* Work order: The lines below may contain the word "OfLevel". Please count those that do and give the number alone.

* Collected data:
--- START ---
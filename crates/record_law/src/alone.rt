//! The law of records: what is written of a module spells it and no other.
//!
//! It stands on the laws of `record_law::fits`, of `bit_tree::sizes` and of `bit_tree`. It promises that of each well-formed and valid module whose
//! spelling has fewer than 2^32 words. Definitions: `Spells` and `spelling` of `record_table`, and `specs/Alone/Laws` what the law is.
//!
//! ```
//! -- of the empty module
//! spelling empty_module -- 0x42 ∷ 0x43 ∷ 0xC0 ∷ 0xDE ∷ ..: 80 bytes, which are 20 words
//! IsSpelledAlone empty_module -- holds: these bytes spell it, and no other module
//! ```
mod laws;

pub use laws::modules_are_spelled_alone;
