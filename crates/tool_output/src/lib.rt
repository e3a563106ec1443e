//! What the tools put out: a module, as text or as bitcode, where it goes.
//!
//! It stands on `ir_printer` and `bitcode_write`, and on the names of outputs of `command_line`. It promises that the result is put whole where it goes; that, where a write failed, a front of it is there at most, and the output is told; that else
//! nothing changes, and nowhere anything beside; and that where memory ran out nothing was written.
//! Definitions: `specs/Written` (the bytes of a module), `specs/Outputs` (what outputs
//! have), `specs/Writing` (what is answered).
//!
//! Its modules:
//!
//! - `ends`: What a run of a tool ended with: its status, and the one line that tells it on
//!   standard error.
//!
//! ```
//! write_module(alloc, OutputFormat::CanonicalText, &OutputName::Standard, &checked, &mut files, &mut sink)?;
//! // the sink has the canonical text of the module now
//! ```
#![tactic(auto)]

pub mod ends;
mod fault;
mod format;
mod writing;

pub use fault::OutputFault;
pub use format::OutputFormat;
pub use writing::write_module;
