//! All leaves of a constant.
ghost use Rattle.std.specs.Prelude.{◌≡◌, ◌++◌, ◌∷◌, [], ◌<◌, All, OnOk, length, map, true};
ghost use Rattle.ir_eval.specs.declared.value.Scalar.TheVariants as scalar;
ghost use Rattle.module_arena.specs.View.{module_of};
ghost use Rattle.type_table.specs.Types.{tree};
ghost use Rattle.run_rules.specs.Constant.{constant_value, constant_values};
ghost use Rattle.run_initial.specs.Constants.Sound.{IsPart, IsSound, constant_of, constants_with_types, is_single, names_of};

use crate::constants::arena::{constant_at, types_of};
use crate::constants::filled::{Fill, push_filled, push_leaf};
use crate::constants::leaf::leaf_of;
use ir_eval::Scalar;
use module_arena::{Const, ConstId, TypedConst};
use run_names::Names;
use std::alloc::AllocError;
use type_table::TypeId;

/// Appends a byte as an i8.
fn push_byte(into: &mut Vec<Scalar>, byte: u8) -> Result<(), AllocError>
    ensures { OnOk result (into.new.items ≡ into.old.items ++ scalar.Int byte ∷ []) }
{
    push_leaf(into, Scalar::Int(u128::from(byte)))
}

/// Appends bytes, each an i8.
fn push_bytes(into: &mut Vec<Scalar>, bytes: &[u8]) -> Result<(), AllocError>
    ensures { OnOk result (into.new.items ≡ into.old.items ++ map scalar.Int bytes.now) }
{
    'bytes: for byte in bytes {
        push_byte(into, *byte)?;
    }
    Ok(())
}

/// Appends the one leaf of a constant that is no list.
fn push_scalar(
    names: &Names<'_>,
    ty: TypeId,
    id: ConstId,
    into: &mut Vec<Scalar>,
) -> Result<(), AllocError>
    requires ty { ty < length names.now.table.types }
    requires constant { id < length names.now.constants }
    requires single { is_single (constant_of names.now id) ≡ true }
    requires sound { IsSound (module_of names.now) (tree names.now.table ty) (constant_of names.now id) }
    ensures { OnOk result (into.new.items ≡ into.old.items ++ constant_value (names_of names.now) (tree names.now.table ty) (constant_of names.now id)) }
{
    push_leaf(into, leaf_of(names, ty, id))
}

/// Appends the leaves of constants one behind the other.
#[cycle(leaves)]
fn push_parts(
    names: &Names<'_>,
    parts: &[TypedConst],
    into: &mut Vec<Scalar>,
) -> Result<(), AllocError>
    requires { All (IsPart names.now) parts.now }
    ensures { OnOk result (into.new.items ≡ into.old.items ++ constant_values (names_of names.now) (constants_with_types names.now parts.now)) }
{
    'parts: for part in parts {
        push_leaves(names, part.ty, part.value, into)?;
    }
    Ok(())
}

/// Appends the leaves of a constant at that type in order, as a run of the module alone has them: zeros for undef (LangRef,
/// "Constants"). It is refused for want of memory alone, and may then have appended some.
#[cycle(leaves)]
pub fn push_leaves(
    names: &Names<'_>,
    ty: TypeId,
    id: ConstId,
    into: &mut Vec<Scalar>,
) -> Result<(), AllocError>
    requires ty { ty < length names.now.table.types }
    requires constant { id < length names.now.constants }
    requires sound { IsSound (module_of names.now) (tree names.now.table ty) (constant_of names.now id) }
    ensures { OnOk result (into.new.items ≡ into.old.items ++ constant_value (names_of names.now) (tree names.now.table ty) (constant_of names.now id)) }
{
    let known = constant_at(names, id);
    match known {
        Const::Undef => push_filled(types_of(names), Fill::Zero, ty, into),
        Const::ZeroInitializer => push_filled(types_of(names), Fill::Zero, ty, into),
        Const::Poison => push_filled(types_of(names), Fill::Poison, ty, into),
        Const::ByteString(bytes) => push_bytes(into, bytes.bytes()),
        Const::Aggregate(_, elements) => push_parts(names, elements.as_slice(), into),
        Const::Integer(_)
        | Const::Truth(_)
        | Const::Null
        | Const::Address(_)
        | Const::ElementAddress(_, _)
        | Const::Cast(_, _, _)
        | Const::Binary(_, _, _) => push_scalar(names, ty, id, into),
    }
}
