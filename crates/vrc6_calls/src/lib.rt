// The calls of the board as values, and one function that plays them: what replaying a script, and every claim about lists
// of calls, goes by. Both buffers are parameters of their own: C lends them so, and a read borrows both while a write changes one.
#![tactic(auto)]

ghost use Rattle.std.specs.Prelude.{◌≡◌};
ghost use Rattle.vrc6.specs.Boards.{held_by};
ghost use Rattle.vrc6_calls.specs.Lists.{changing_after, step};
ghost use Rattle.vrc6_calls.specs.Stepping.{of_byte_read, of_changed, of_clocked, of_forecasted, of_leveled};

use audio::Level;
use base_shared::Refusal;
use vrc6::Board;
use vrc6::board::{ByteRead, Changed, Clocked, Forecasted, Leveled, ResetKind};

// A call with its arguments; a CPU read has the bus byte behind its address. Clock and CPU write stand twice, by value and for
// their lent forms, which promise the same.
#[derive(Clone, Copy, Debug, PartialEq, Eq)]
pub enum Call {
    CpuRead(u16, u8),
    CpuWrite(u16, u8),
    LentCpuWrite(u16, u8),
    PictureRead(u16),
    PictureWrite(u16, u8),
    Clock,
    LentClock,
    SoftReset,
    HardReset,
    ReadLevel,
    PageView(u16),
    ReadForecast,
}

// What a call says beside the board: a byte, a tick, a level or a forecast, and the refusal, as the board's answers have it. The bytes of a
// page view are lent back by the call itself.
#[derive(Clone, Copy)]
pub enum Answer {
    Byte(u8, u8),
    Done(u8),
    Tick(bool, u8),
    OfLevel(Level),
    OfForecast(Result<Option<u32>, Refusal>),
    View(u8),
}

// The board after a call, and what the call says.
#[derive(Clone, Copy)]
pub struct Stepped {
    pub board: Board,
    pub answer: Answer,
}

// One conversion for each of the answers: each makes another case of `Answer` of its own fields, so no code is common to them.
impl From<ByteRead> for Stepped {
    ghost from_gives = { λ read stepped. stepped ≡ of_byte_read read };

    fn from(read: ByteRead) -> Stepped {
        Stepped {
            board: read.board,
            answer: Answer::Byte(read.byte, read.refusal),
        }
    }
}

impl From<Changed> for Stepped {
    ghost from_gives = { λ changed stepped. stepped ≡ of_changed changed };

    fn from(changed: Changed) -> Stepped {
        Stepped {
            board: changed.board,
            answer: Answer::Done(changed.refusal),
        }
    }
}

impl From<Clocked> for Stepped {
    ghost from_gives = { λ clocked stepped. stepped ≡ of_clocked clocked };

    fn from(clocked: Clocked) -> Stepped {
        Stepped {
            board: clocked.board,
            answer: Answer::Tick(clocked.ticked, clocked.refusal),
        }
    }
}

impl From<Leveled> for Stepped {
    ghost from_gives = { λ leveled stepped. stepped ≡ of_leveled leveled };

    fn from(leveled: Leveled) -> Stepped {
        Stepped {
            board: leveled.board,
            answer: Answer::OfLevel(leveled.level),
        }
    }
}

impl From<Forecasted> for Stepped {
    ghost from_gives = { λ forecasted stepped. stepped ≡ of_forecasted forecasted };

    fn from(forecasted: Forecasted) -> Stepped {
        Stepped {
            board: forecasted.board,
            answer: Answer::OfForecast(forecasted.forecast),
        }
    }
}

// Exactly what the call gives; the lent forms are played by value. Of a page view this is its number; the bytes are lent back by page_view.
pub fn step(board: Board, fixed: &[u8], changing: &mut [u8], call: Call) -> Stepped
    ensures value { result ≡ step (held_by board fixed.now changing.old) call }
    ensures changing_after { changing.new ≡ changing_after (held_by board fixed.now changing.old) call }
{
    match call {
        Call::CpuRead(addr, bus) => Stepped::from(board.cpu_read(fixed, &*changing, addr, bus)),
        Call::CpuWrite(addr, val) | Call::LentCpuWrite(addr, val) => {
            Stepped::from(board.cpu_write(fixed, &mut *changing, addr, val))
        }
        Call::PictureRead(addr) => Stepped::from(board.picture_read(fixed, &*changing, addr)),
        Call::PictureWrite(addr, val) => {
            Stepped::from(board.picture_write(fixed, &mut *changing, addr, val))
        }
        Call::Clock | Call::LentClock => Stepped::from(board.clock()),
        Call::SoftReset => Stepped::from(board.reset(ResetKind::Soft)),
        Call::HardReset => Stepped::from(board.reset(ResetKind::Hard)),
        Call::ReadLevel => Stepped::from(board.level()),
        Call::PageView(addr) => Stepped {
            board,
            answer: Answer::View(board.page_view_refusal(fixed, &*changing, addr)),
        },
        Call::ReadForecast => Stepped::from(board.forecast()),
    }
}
--- END ---
* Solution for this task: 2